Much of it was stuff that I’ve heard before, that is very close to my vision of what we are about during worship…that sense of sharing in something so much greater, that stretches through space and time…the experience that Fab Bish refers to in his book as “grasping the heel of heaven”.
David Hoyle shared a pre-Reformation perspective, as he spoke of the power of an “articulate symbolism” which filled the churches on the eve of the Reformation. The painted saints that decorated the screen cutting off nave and chancel in a pre Ref church were community saints, part of the family…sharing not only the same concerns but even the same names. (the paintings of St John and St Cecilia in Ranworth Church were the gift of a long dead John and Cecily…how must they have felt when the reformers arrived and literally defaced their gifts, so that the saints now stand faceless in their place on the doorstep of heaven)
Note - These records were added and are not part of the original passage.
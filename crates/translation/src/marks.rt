// Marks, one for each symbol that two bytes can name.
ghost use Rattle.std.specs.Prelude.{◌≤◌, length as length_of};
ghost use Rattle.translation.specs.inner.Marks.{OnlyWithin};

// As many symbols as two bytes can name.
pub const MOST: usize = 65536;

// A mark for each.
pub type Marks = [bool; MOST];

// Marks the symbols from `from` up to `to`, and no others.
pub fn mark_within(marks: &mut [bool], from: usize, to: usize)
    requires { (from ≤ to) × (to ≤ length_of marks.old) }
    ensures { OnlyWithin from to marks.new }
{
    marks.fill(false);
    marks[from..to].fill(true);
}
As Eamon Duffy has pointed out, there was a much greater sense of ownership in the pre Reformation church than we might expect. David observed that, whereas sixteenth century worshippers were likely to be deeply engaged in the sheer spectacle of the Mass (even if they were occasionally bewildered by the Latin), - the screen serving not as we'd assume as a fence to exclude, but as a frame to emphasise the events taking place on the altar,- our congregations are typically engaging above all with the printed text in their hand, or above their heads. They might look around them, to engage with the community , but that focussed engagement with the transforming passion of Christ played out in the Eucharistic action is something different, which it seems hard for us to recapture.
Back to the sense of our minimal expectations, perhaps? We’re too wedded to the commonplace, without looking beyond it even as we approach the miracle of the altar…Diarmid McCulloch in contrast describes the way in which the medieval and pre-Reformation Church, "had a genius for building on the capacity of Christianity to invest the everyday with sacred significance. Worship might involve the distant, all powerful God, but God could be reached little by little through the familiar, the approachable….bread, wine and candles”. (I guess that brings us back to Greenbelt, with next year's theme of "heaven in ordinary", then? )
Thinking that through, it feels as if so little has changed. We assume that we need to pare worship down to its bare essentials in order to woo the unchurched…but perhaps it’s the very banality of so much that we offer that provides the greater barrier? Wesley’s description of the Eucharist as a “converting ordinance” was much to the fore in conversation, with an underlying implication that the church has somehow lost confidence in its power. As I posted earlier, my own experience supports this. Nothing, for me, creates sacred space in quite the same way, time after time, as the gathering of God's people around God's table..To find ourselves once again brought to place of total concentration on the death and resurrection of Christ is to find ourselves on holy ground, at the foot of the cross in the company of saints and angels.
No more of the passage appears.